Aim of the exercise >> From the data, copy out every line in which the word "written" appears.

[Opening Task input section]

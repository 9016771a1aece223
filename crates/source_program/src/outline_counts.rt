use crate::kernel_outline::KernelOutline;
use crate::outline_clause::OutlineClause;
use crate::outline_walk::OutlineWalk;
use crate::variable_uses::VariableUses;
use aq_term::memory::Memory;
use std::alloc::Global;

/// The most arguments of an auxiliary predicate that are variables.
pub const MOST_BRANCH: usize = 62;

/// What the limits count over the kernel clauses of a source clause.
#[derive(Clone, Copy, Debug)]
pub struct OutlineCounts {
    /// The greatest number of variables that are arguments of an auxiliary predicate. Where it is greater than 62, the other
    /// numbers say nothing.
    pub branch: usize,
    /// The greatest number of variables of a kernel clause.
    pub variables: u64,
    /// The greatest number of slots.
    pub slots: u64,
    /// The greatest number n of nodes that hold a variable.
    pub nodes: u64,
    /// The sum of (n + 8)² over all kernel clauses.
    pub total: u64,
}

/// The counts of an outline.
pub fn counts_of(alloc: Global, outline: &KernelOutline) -> Result<OutlineCounts, Memory> {
    let mut walk = OutlineWalk::new(alloc, outline)?;
    let mut uses = VariableUses::new(alloc, outline.variables)?;
    let mut counts = OutlineCounts {
        branch: 0,
        variables: 0,
        slots: 0,
        nodes: 0,
        total: 0,
    };
    for at in 0..outline.items.len() {
        if counts.branch > MOST_BRANCH {
            return Ok(counts);
        }
        if let Some(clause) = walk.clause_at(at)? {
            counts.count(&mut uses, &clause);
            counts.branch = walk.branch();
        }
    }
    Ok(counts)
}

impl OutlineCounts {
    /// Counts a clause too, its branch left out.
    fn count(&mut self, uses: &mut VariableUses, clause: &OutlineClause) {
        let counted = uses.count(clause);
        let weight = clause.nodes.saturating_add(8);
        self.variables = self.variables.max(counted.variables);
        self.slots = self.slots.max(counted.slots);
        self.nodes = self.nodes.max(clause.nodes);
        self.total = self.total.saturating_add(weight.saturating_mul(weight));
    }
}
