use aq_term::args0::Args0;
use aq_term::atom::Atom;
use aq_term::builtin::Builtin;
use aq_term::term::Term;
use sqlite_items::Boxed;

/// A goal of a body.
#[derive(Debug, Drop)]
pub enum Goal {
    /// `true`
    True,
    /// `fail`
    Fail,
    /// `!`
    Cut,
    /// `First, Second`
    And(Boxed<Goal>, Boxed<Goal>),
    /// `First ; Second`
    Or(Boxed<Goal>, Boxed<Goal>),
    /// `Condition -> Then`
    IfThen(Boxed<Goal>, Boxed<Goal>),
    /// `\+ Goal`
    Not(Boxed<Goal>),
    /// `catch(Goal, Catcher, Recovery)`
    Catch(Boxed<Goal>, Term, Boxed<Goal>),
    /// `throw(Ball)`
    Throw(Term),
    /// A built-in, with its own number of arguments.
    Builtin(Builtin, Args0),
    /// A call of a predicate by its name, with 0 to 63 arguments in an accepted program.
    Call(Atom, Args0),
}
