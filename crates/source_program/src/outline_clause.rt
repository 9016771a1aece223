use aq_term::memory::Memory;
use std::alloc::Global;

/// A goal of a clause of an outline, with what the limits count of it.
#[derive(Clone, Copy, Debug, Drop)]
pub struct OutlineGoal {
    /// The place of its item in the outline.
    pub item: usize,
    /// Where its variables begin in the clause's row. Those of a call of an auxiliary predicate are its arguments, in order of
    /// first occurrence inside, the ball and the barrier left out.
    pub first: usize,
    /// Where they end.
    pub last: usize,
    /// V of a goal `V = T`, which is then the first variable.
    pub left: Option<u32>,
    /// Whether it calls a predicate.
    pub calls: bool,
}

/// A clause of an outline, as a kernel clause has it, with what the limits count of it.
#[derive(Debug, Drop)]
pub struct OutlineClause {
    /// The place of the auxiliary predicate in the outline whose clause it is, or none for the clause that is written in the program.
    pub predicate: Option<usize>,
    /// Whether its cuts go back to where its predicate was entered.
    pub owns_cuts: bool,
    /// The variables that are the arguments of the head, a barrier left out.
    pub head: Vec<u32>,
    pub goals: Vec<OutlineGoal>,
    /// The variables of the goals, in their order.
    pub variables: Vec<u32>,
    /// How many nodes of the goals' arguments hold a variable.
    pub nodes: u64,
    /// Whether it cuts to the depth at which its predicate was entered, or gives that depth to a call.
    pub uses_depth: bool,
    /// Whether it cuts to its barrier, or hands it on.
    pub uses_barrier: bool,
}

impl OutlineClause {
    /// A clause with this head and without goals.
    pub fn new(
        alloc: Global,
        predicate: Option<usize>,
        owns_cuts: bool,
        head: &[u32],
    ) -> Result<OutlineClause, Memory> {
        Ok(OutlineClause {
            predicate,
            owns_cuts,
            head: Vec::from_slice(alloc, head)?,
            goals: Vec::new(alloc),
            variables: Vec::new(alloc),
            nodes: 0,
            uses_depth: false,
            uses_barrier: false,
        })
    }

    /// Puts the goal that is the item at this place of the outline at the end, with these variables.
    pub fn add(
        &mut self,
        item: usize,
        variables: &[u32],
        left: Option<u32>,
        calls: bool,
        nodes: u64,
    ) -> Result<(), Memory> {
        let first = self.variables.len();
        self.variables.extend_from_slice(variables)?;
        self.goals.push(OutlineGoal {
            item,
            first,
            last: self.variables.len(),
            left,
            calls,
        })?;
        self.nodes = self.nodes.saturating_add(nodes);
        Ok(())
    }

    /// Notes a cut of the clause that is written in the program.
    pub fn use_cut(&mut self) {
        if self.owns_cuts {
            self.uses_depth = true;
        } else {
            self.uses_barrier = true;
        }
    }

    /// The variables of a goal of this clause.
    pub fn variables_of(&self, goal: &OutlineGoal) -> &[u32] {
        if goal.first <= goal.last && goal.last <= self.variables.len() {
            &self.variables[goal.first..goal.last]
        } else {
            &[]
        }
    }
}
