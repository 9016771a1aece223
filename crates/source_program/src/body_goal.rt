ghost use Rattle.std.specs.Prelude.{◌≡◌, ◌+◌, ◌≤◌, [], ◌∷◌, Some, None, IfOk, OnOk, IsErrOf, length, map};
ghost use Rattle.aq_base.specs.declared.refusal.FormKind.{FormKind};
ghost use Rattle.aq_term.specs.PlainOf.{plain};
ghost use Rattle.term_meaning.specs.Plain.{nodes, nodes_of_all, plains};
ghost use Rattle.source_program.specs.ClauseFaults.{body_fault, compound_fault, goal_fault};
ghost use Rattle.source_program.specs.Control.{nodes_of_parts, fault_of_parts, called_in_parts};
ghost use Rattle.source_program.specs.Arguments.{called, most_called, most_called_of};
ghost use Rattle.source_program.specs.Defined.{is_control, is_builtin};

use crate::arguments::{Arguments, by_number};
use crate::form_fault::FormFault;
use crate::goal::Goal;
use aq_base::refusal::FormKind;
use aq_term::args::Args;
use aq_term::args0::Args0;
use aq_term::atom::Atom;
use aq_term::builtin::Builtin;
use aq_term::memory::Memory;
use aq_term::reserved::is_reserved;
use aq_term::term::Term;
use sqlite_items::Boxed;
use std::alloc::Global;

/// A compound of a body by its control construct, with the parts of it.
#[derive(Clone, Copy)]
pub enum Control<'a> {
    And(&'a Term, &'a Term),
    Or(&'a Term, &'a Term),
    IfThen(&'a Term, &'a Term),
    Not(&'a Term),
    Catch(&'a Term, &'a Term, &'a Term),
    Throw(&'a Term),
    /// No control construct.
    Other,
}

/// Whether the name with this many arguments is a control construct.
pub fn is_control(name: Atom, arity: usize) -> bool
    ensures { result ≡ is_control name.number arity }
{
    match arity {
        0 => matches!(name, Atom::CUT | Atom::TRUE | Atom::FAIL),
        1 => matches!(name, Atom::NOT_PROVABLE | Atom::THROW),
        2 => matches!(name, Atom::COMMA | Atom::SEMICOLON | Atom::THEN),
        3 => matches!(name, Atom::CATCH),
        _ => false,
    }
}

#[tactic(auto, using(crate::proofs::ControlLemmas::fault_of_others, crate::proofs::ControlLemmas::called_of_others))]
fn construct_of(name: Atom, arguments: &Args) -> Control<'_>
    ensures fault { compound_fault name.number (plains arguments.now) ≡ fault_of_parts result name.number (length arguments.now) }
    ensures called { most_called_of name.number (plains arguments.now) ≡ called_in_parts result name.number (length arguments.now) }
    ensures nodes { nodes_of_parts result ≤ nodes_of_all (plains arguments.now) }
{
    match by_number(arguments) {
        Arguments::One(only) => control_of_one(name, only),
        Arguments::Two(left, right) => control_of_two(name, left, right),
        Arguments::Three(goal, catcher, recovery) => match name {
            Atom::CATCH => Control::Catch(goal, catcher, recovery),
            _ => Control::Other,
        },
        Arguments::Others => Control::Other,
    }
}

fn control_of_one(name: Atom, only: &Term) -> Control<'_>
    ensures fault { compound_fault name.number (plains (plain only.now ∷ [])) ≡ fault_of_parts result name.number 1 }
    ensures called { most_called_of name.number (plains (plain only.now ∷ [])) ≡ called_in_parts result name.number 1 }
    ensures nodes { nodes_of_parts result ≤ nodes (plain only.now) }
{
    match name {
        Atom::NOT_PROVABLE => Control::Not(only),
        Atom::THROW => Control::Throw(only),
        _ => Control::Other,
    }
}

fn control_of_two<'a>(name: Atom, left: &'a Term, right: &'a Term) -> Control<'a>
    ensures fault { compound_fault name.number (plains (plain left.now ∷ plain right.now ∷ [])) ≡ fault_of_parts result name.number 2 }
    ensures called { most_called_of name.number (plains (plain left.now ∷ plain right.now ∷ [])) ≡ called_in_parts result name.number 2 }
    ensures nodes { nodes_of_parts result ≤ nodes (plain left.now) + nodes (plain right.now) }
{
    match name {
        Atom::COMMA => Control::And(left, right),
        Atom::SEMICOLON => Control::Or(left, right),
        Atom::THEN => Control::IfThen(left, right),
        _ => Control::Other,
    }
}

/// The goal that a term of a body stands for. A variable, an integer and a reserved name are no goals: `Form(Body)`. It
/// goes as deep as the term, which is at most 8,192 deep where a grammar rule was read.
#[cycle(body)]
pub fn goal_of(alloc: Global, term: &Term) -> Result<Goal, FormFault>
    ensures ok { OnOk result (body_fault (plain term.now) ≡ None) }
    ensures refused { (kind : FormKind) → IsErrOf result (FormFault.Form kind) → body_fault (plain term.now) ≡ Some kind }
{
    match term {
        Term::Var(_) | Term::Int(_) => Err(FormFault::Form(FormKind::Body)),
        Term::Atom(name) => atom_goal(alloc, *name),
        Term::Compound(name, arguments) => match construct_of(*name, arguments) {
            Control::And(first, second) => {
                let first = boxed_goal(alloc, first)?;
                let second = boxed_goal(alloc, second)?;
                Ok(Goal::And(first, second))
            }
            Control::Or(first, second) => {
                let first = boxed_goal(alloc, first)?;
                let second = boxed_goal(alloc, second)?;
                Ok(Goal::Or(first, second))
            }
            Control::IfThen(condition, then) => {
                let condition = boxed_goal(alloc, condition)?;
                let then = boxed_goal(alloc, then)?;
                Ok(Goal::IfThen(condition, then))
            }
            Control::Not(goal) => Ok(Goal::Not(boxed_goal(alloc, goal)?)),
            Control::Catch(goal, catcher, recovery) => {
                let goal = boxed_goal(alloc, goal)?;
                let recovery = boxed_goal(alloc, recovery)?;
                Ok(Goal::Catch(goal, catcher.copy(alloc)?, recovery))
            }
            Control::Throw(ball) => Ok(Goal::Throw(ball.copy(alloc)?)),
            Control::Other => plain_goal(alloc, *name, arguments.as_slice()),
        },
    }
}

#[cycle(body)]
fn boxed_goal(alloc: Global, term: &Term) -> Result<Boxed<Goal>, FormFault>
    ensures ok { OnOk result (body_fault (plain term.now) ≡ None) }
    ensures refused { (kind : FormKind) → IsErrOf result (FormFault.Form kind) → body_fault (plain term.now) ≡ Some kind }
{
    let goal = goal_of(alloc, term)?;
    Ok(Boxed::new(alloc, goal)?)
}

/// A goal without arguments.
fn atom_goal(alloc: Global, name: Atom) -> Result<Goal, FormFault>
    ensures ok { OnOk result (goal_fault name.number 0 ≡ None) }
    ensures refused { (kind : FormKind) → IsErrOf result (FormFault.Form kind) → goal_fault name.number 0 ≡ Some kind }
{
    match name {
        Atom::CUT => Ok(Goal::Cut),
        Atom::TRUE => Ok(Goal::True),
        Atom::FAIL => Ok(Goal::Fail),
        _ => plain_goal(alloc, name, &[]),
    }
}

/// A built-in or a call.
fn plain_goal(alloc: Global, name: Atom, arguments: &[Term]) -> Result<Goal, FormFault>
    ensures ok { OnOk result (goal_fault name.number (length arguments.now) ≡ None) }
    ensures refused { (kind : FormKind) → IsErrOf result (FormFault.Form kind) → goal_fault name.number (length arguments.now) ≡ Some kind }
{
    let arity = arguments.len();
    if is_reserved(name, arity) {
        return Err(FormFault::Form(FormKind::Body));
    }
    let copies = copies_of(alloc, arguments)?;
    match Builtin::of(name, arity) {
        Some(builtin) => Ok(Goal::Builtin(builtin, copies)),
        None => Ok(Goal::Call(name, copies)),
    }
}

/// The most arguments of a call in a body. It goes as deep as the term, which is at most 8,192 deep where a grammar rule was
/// read.
pub fn most_called(term: &Term) -> usize
    ensures { result ≡ most_called (plain term.now) }
{
    match term {
        Term::Var(_) | Term::Int(_) | Term::Atom(_) => 0,
        Term::Compound(name, arguments) => match construct_of(*name, arguments) {
            Control::And(first, second) => most_called(first).max(most_called(second)),
            Control::Or(first, second) => most_called(first).max(most_called(second)),
            Control::IfThen(condition, then) => most_called(condition).max(most_called(then)),
            Control::Not(goal) => most_called(goal),
            Control::Catch(goal, _, recovery) => most_called(goal).max(most_called(recovery)),
            Control::Throw(_) => 0,
            Control::Other => called(*name, arguments.len()),
        },
    }
}

/// The arguments of a call, or 0 for a built-in.
fn called(name: Atom, arity: usize) -> usize
    ensures { result ≡ called name.number arity }
{
    if is_builtin(name, arity) { 0 } else { arity }
}

/// Whether a built-in has this name and this many arguments.
pub fn is_builtin(name: Atom, arity: usize) -> bool
    ensures { result ≡ is_builtin name.number arity }
{
    match Builtin::of(name, arity) {
        Some(_) => true,
        None => false,
    }
}

/// Copies of the terms.
pub fn copies_of(alloc: Global, terms: &[Term]) -> Result<Args0, Memory>
    ensures { IfOk result (λ copies. copies ≡ map plain terms.now) }
{
    let mut copies = Vec::with_capacity(alloc, terms.len())?;
    for term in terms {
        copies.push(term.copy(alloc)?)?;
    }
    Ok(Args0::from_vec(copies))
}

[Closing Task input section]

Answer to the exercise >>
    /// The place of the auxiliary predicate in the outline whose clause it is, or none for the clause that is written in the program.
    /// Notes a cut of the clause that is written in the program.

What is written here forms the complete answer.